The American political class, and even more so public opinion, are totally unaffected by Spanish political events, as long as the country maintains its political and economic stability and remains a faithful ally of NATO. The Government’s strategy for the next two months of negotiation with JxC is that an agreement with that party will reinforce this stability, since it will eliminate the potential source of tension that the resumption of the secessionist process in Catalonia would entail. A secessionist process that no one in Washington believes is going to happen or that it would be good for the interests of Europe or the United States – in fact, that must be one of the few things that Obama, Trump and Biden agree on – but that still raises some concern about its potential to create problems in the future.

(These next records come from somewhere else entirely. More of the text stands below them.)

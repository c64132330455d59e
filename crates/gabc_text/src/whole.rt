//! The text of a syllable as a whole.

ghost use Rattle.std.specs.Prelude.{◌≡◌, ◌==◌, ◌+◌, ◌^◌, ◌<◌, [], length, take, true, IfOk, OnOk, string_bytes};
ghost use Rattle.std.specs.Str.{chars, NonePass};
ghost use Rattle.gabc_text.specs.Token.{before_first};
ghost use Rattle.gabc_text.specs.machine.RawPart.{stage_past, events_of_pushes, is_in_raw};
ghost use Rattle.gabc_text.specs.machine.BuiltText.{built_text_of, ending_of};
ghost use Rattle.gabc_text.specs.BuiltText.{with_event, with_events, empty_text};
ghost use Rattle.gabc_text.specs.TextRead.{IsTextRead};
ghost use Rattle.gabc_text.specs.machine.TextStage.{push_stage, events_of_push, events_of_finish};

use crate::stage::TextStage;
use crate::text_event::{TextEnd, TextEvent};
use crate::view::{TextEnding, TextView};
use gabc_places::{Findings, Place, Room};
use memchr::memchr;
use std::alloc::{AllocError, Global};

/// The reading of a text.
#[derive(Debug, Drop)]
pub struct TextRead {
    /// Its view.
    pub view: TextView,
    /// The text without comments and what was left out, each run of blanks as one U+0020. Spans
    /// count its bytes.
    pub kept: String,
    /// The findings, in the order of places.
    pub findings: Findings,
    /// Its end.
    pub how: TextEnding,
}

/// The reading of a text so far.
#[derive(Drop)]
struct TextBuilder {
    kept: String,
    view: TextView,
    findings: Findings,
    end: TextEnd,
}

impl TextBuilder {
    fn new(alloc: Global) -> TextBuilder
        ensures { built_text_of result ≡ empty_text }
    {
        TextBuilder {
            kept: String::new(alloc),
            view: TextView::new(alloc),
            findings: Findings::new(alloc),
            end: TextEnd::Finished,
        }
    }

    /// Adds an event of the machine.
    fn add(&mut self, event: TextEvent) -> Result<(), AllocError>
        ensures { OnOk result (built_text_of self.new ≡ with_event (built_text_of self.old) event) }
    {
        match event {
            TextEvent::Kept(kept) => self.kept.push(kept.c)?,
            TextEvent::Part(part) => self.view.add(part)?,
            TextEvent::Found(finding) => self.findings.push(finding)?,
            TextEvent::Ended(end) => self.end = end,
        }
        Ok(())
    }

    /// Adds all `events` of the machine.
    fn add_all(&mut self, events: &[TextEvent]) -> Result<(), AllocError>
        ensures { OnOk result (built_text_of self.new
            ≡ with_events (built_text_of self.old) events.now) }
    {
        for event in events {
            self.add(*event)?;
        }
        Ok(())
    }

    /// Passes the character `c` to the machine, and adds its events. `room` is left empty.
    fn feed(
        &mut self,
        stage: &mut TextStage,
        c: char,
        room: &mut Room<TextEvent>,
    ) -> Result<(), AllocError>
        requires { room.old ≡ record { items = []; limit = 8 } }
        ensures stage { stage.new ≡ push_stage stage.old c }
        ensures events { OnOk result (built_text_of self.new
            ≡ with_events (built_text_of self.old) (events_of_push stage.old c)) }
        ensures room { OnOk result (room.new ≡ record { items = []; limit = 8 }) }
    {
        stage.take(c, room);
        self.add_all(room.slice())?;
        room.clear();
        Ok(())
    }

    /// Passes the characters of `text` in a raw part to the machine, and adds its events: it keeps
    /// them all, since none of them begins the ending.
    fn pass(&mut self, stage: &mut TextStage, text: &str) -> Result<(), AllocError>
        requires raw { is_in_raw stage.old ≡ true }
        requires no_ending { NonePass (λ c. c == 60) (chars text.now) }
        ensures stage { stage.new ≡ stage_past stage.old (chars text.now) }
        ensures events { OnOk result (built_text_of self.new
            ≡ with_events (built_text_of self.old) (events_of_pushes stage.old (chars text.now))) }
    {
        stage.pass(text);
        self.kept.push_str(text)
    }

    /// Ends the machine, and adds its events.
    fn close(&mut self, stage: &mut TextStage, room: &mut Room<TextEvent>) -> Result<(), AllocError>
        requires { room.old ≡ record { items = []; limit = 8 } }
        ensures { OnOk result (built_text_of self.new
            ≡ with_events (built_text_of self.old) (events_of_finish stage.old)) }
    {
        stage.stop(room);
        self.add_all(room.slice())
    }

    /// Returns the reading of a text with the end `how`.
    fn into_read(self, how: TextEnding) -> TextRead
        ensures kept { string_bytes result.kept ≡ string_bytes self.kept }
        ensures view { result.view ≡ self.view }
        ensures findings { result.findings ≡ self.findings }
        ensures how { result.how ≡ how }
    {
        let TextBuilder {
            kept,
            view,
            findings,
            end: _,
        } = self;
        TextRead {
            view,
            kept,
            findings,
            how,
        }
    }
}

/// Returns the end of a text after `index` bytes.
fn ending_of(end: TextEnd, index: usize) -> TextEnding
    ensures { result ≡ ending_of end index }
{
    match end {
        TextEnd::Notes => TextEnding::Notes(index),
        TextEnd::Finished => TextEnding::Finished,
        TextEnd::Cut(place) => TextEnding::Cut(place),
    }
}

/// Returns the text before the first `<`, or all of it.
fn before_tag(text: &str) -> &str
    ensures prefix { chars result.now ≡ before_first 60 (chars text.now) }
    ensures begins { result.now ≡ take (length result.now) text.now }
{
    match memchr(b'<', text.as_bytes()) {
        Some(at) => &text[..at],
        None => text,
    }
}

/// Reads the text of a syllable, up to its `(` or the end of `body` (GregorioRef, "Syllable Text
/// Syntax"). Returns the kept text, the view (whether it begins a word, its pieces with kind,
/// styles and span, its centre and its translation), the findings with their places, and the end.
/// The first character of `body` is at `at`; each number of `at` and the bytes of `body` together
/// have to be below 2^64. If the text is cut, `kept` has all that was kept up to the end. Fails
/// only if memory cannot be allocated.
pub fn text_whole(alloc: Global, body: &str, at: Place) -> Result<TextRead, AllocError>
    requires line { at.line + length body.now < 2 ^ 64 }
    requires column { at.column + length body.now < 2 ^ 64 }
    ensures { IfOk result (λ read. IsTextRead at (chars body.now) read) }
{
    let mut room = Room::with_limit(alloc, 8)?;
    let mut builder = TextBuilder::new(alloc);
    let mut stage = TextStage::new(at);
    let mut rest = body;
    while let Some(c) = rest.chars().next() {
        if c != '<' && stage.is_in_raw() {
            // None of these characters begins the ending of the raw part.
            let raw = before_tag(rest);
            builder.pass(&mut stage, raw)?;
            rest = &rest[raw.len()..];
        } else {
            builder.feed(&mut stage, c, &mut room)?;
            if stage.is_done() {
                let how = ending_of(builder.end, body.len() - rest.len());
                return Ok(builder.into_read(how));
            }
            rest = &rest[c.len_utf8()..];
        }
    }
    builder.close(&mut stage, &mut room)?;
    let how = ending_of(builder.end, body.len());
    Ok(builder.into_read(how))
}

In principle, in New York, Sánchez will only meet, in the field of the media agenda, with the Editorial Board of the NBC television network, the most watched in the country. NBC is owned by the cable giant Comcast, owner, among others, of the Hollywood studios Paramount, the internet distribution company Xfinity, the British network SkyTV, and the left-wing news channel MSNBC, the second most watched in the country. country, after the conservative Fox News. On other trips, the president has had interviews and appearances in media that were not on his official calendar.

Sánchez’s institutional agenda revolves around multilateral initiatives, although throughout these three days he will also hold some bilateral meetings with different world leaders. Among others, meetings are confirmed with the Secretary General of the UN, António Guterres, with the Prime Minister of Iraq, Mohammed Shia’ Al Sudani, and with the President of Mauritania, Mohamed Ould Ghazouani.

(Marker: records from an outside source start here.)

//! The tags that open and close a span of several syllables.

ghost use Rattle.std.specs.Prelude.{◌≡◌, ◌≤◌, length};
ghost use Rattle.gabc_text.specs.RegularText.{mark_at, tag_of};
ghost use Rattle.gabc_text.specs.machine.RegularBytes.{name_of_tag};

/// A tag that opens or closes a span of several syllables (GregorioRef, "Syllable Text Syntax").
#[derive(Clone, Copy)]
pub enum SpanMark {
    /// `<eu>`
    OpensEu,
    /// `</eu>`
    ClosesEu,
    /// `<nlba>`
    OpensNlba,
    /// `</nlba>`
    ClosesNlba,
}

impl SpanMark {
    /// Returns its spelling.
    pub(crate) fn tag(self) -> &'static str
        ensures { result.now ≡ tag_of self }
    {
        match self {
            SpanMark::OpensEu => "<eu>",
            SpanMark::ClosesEu => "</eu>",
            SpanMark::OpensNlba => "<nlba>",
            SpanMark::ClosesNlba => "</nlba>",
        }
    }
}

/// Returns the first byte of the name of the tag that `bytes` begin with, if they begin with a tag:
/// a `/` may come before it.
#[inline(always)]
fn name_of_tag(bytes: &[u8]) -> u8
    requires { 3 ≤ length bytes.now }
    ensures { result ≡ name_of_tag bytes.now }
{
    if bytes[1] == b'/' { bytes[2] } else { bytes[1] }
}

/// Returns the span mark that `bytes` begin with, if they begin with one. Few tags are one.
#[inline(always)]
pub fn mark_at(bytes: &[u8]) -> Option<SpanMark>
    ensures { result ≡ mark_at bytes.now }
{
    if bytes.len() < 3 || bytes[0] != b'<' {
        return None;
    }
    match name_of_tag(bytes) {
        b'e' | b'n' => tag_at(bytes),
        _ => None,
    }
}

/// Returns the span mark that `bytes` begin with, if they begin with one.
#[inline(never)]
fn tag_at(bytes: &[u8]) -> Option<SpanMark>
    ensures { result ≡ mark_at bytes.now }
{
    if bytes.starts_with(b"<eu>") {
        Some(SpanMark::OpensEu)
    } else if bytes.starts_with(b"</eu>") {
        Some(SpanMark::ClosesEu)
    } else if bytes.starts_with(b"<nlba>") {
        Some(SpanMark::OpensNlba)
    } else if bytes.starts_with(b"</nlba>") {
        Some(SpanMark::ClosesNlba)
    } else {
        None
    }
}
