/// Law: the canonical text of a text's view is the printed form of the view's facts, but for the
/// blank before a word and the translation.
pub fn canonical_is_printed()
    ensures { (whole t : List ℕ) → StandsForView whole (view_in t) t →
        canonical_text (view_in t) (encode_utf8_all whole)
        ≡ encode_utf8_all (text_of_tokens (text_tokens (view_facts t))) }
{}

/// Law: the printed form of a view is that of its text's facts, whatever whole text the view's
/// spans count the bytes of: that of the text alone, or of a syllable. Before a `(`, and whatever
/// follows, it is read again as the same view: it ends at that `(`, says the same, and has no
/// error. All of it is kept, the LF before a word as a blank. The printed form of the view that is
/// read again is the same.
pub fn view_again()
    ensures printed { (whole t : List ℕ) → StandsForView whole (view_in t) t →
        printed_view (view_in t) (encode_utf8_all whole) ≡ encode_utf8_all (print (view_facts t)) }
    ensures facts { (t rest : List ℕ) →
        view_facts (print (view_facts t) ++ 40 ∷ rest) ≡ view_facts t }
    ensures errors { (at : Place) (t rest : List ℕ) →
        has_error (findings at (print (view_facts t) ++ 40 ∷ rest)) ≡ false }
    ensures ends { (t rest : List ℕ) →
        after_tokens (print (view_facts t) ++ 40 ∷ rest) ≡ 40 ∷ rest }
    ensures kept { (t rest : List ℕ) →
        kept (print (view_facts t) ++ 40 ∷ rest) ≡ cond (view_facts t).word_start (codes " ") []
        ++ text_of_tokens (text_tokens (view_facts t)
        ++ translation_tokens (view_facts t).translation) }
    ensures same { (whole other t rest : List ℕ) → StandsForView whole (view_in t) t →
        let again = print (view_facts t) ++ 40 ∷ rest in
        StandsForView other (view_in again) again →
        printed_view (view_in again) (encode_utf8_all other)
        ≡ printed_view (view_in t) (encode_utf8_all whole) }
{}
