//! The events of a text as it is read.

use crate::view::Piece;
use gabc_places::{Char, Finding, Place, Span};

/// A part of a text's view.
#[derive(Clone, Copy, Debug, PartialEq, Eq)]
pub enum TextPart {
    /// The syllable begins a word.
    WordStart,
    /// A piece.
    Piece(Piece),
    /// The centre, from and to a number of pieces. It comes just before the end.
    Centre(Span),
    /// The translation without its brackets, in bytes of the kept text.
    Translation(Span),
}

/// The end of a text.
#[derive(Clone, Copy, Debug, PartialEq, Eq)]
pub enum TextEnd {
    /// At the `(` of the notes.
    Notes,
    /// At the end of the input.
    Finished,
    /// At the end of the input, inside the tag, raw part or translation that begins here.
    Cut(Place),
}

/// An event of a text as it is read.
#[derive(Clone, Copy, Debug, PartialEq, Eq)]
pub enum TextEvent {
    /// A character of the kept text.
    Kept(Char),
    /// A part of the view.
    Part(TextPart),
    /// An error or a warning, with its place.
    Found(Finding),
    /// The end, the last event.
    Ended(TextEnd),
}

/// The output of a `TextStage`.
pub type TextOut = TextEvent;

Sánchez addresses the Plenary of the Assembly on Wednesday at ten to eight at night, local time – two in the morning in Spain – although, given the usual delay caused by the more than 30 heads of State and Government who will have exercised the turn to speak before him – among them this year’s undisputed star, the Ukrainian Volodymyr Zelensky, who for the first time since the Russian invasion of his country is attending the UN in person – is likely to do so even later. The terrible location on the speakers’ calendar is almost a tradition of the Spanish presidents of the Government in recent years, because in New York eight at night is like ten o’clock in Spain and at that time the cavernous room in which they speak the speeches is practically empty.

The Forum is held under the shadow of a catastrophic failure for its promoters: not a single one of the 17 Sustainable Development Goals – ranging from equality to the protection of biodiversity and the fight against climate change – will be achieved in 2030. What’s more: according to the UN itself, the progress towards half of these objectives is going backwards, while the process threatens to create a new focus of North-South conflict in the face of the demands of developing countries that the industrialized world give him more financial help to achieve them, especially with regard to energy transformation and the abandonment of fossil fuels. All of this has led to a debate among the UN member states – all except North Korea and the Vatican – about whether it is appropriate to cut the plan, which would constitute a political humiliation of the first order but, at least, a act of strategic realism.

Sánchez will participate in other activities linked, directly or indirectly, to the Sustainable Development Goals. On Tuesday afternoon in New York (nine at night in Spain) he will speak at the High Level Table on the Reform of the International Financial System, and on Wednesday he will do so at the Climate Ambition Summit, before joining Spain in the Agreement. on Conservation of Marine Biological Diversity. Spain is also co-organizer of a meeting on feminist diplomacy at the UN. The president will also have a meeting with the Business Economics Forum of the Hispanic Chamber of Commerce on Tuesday.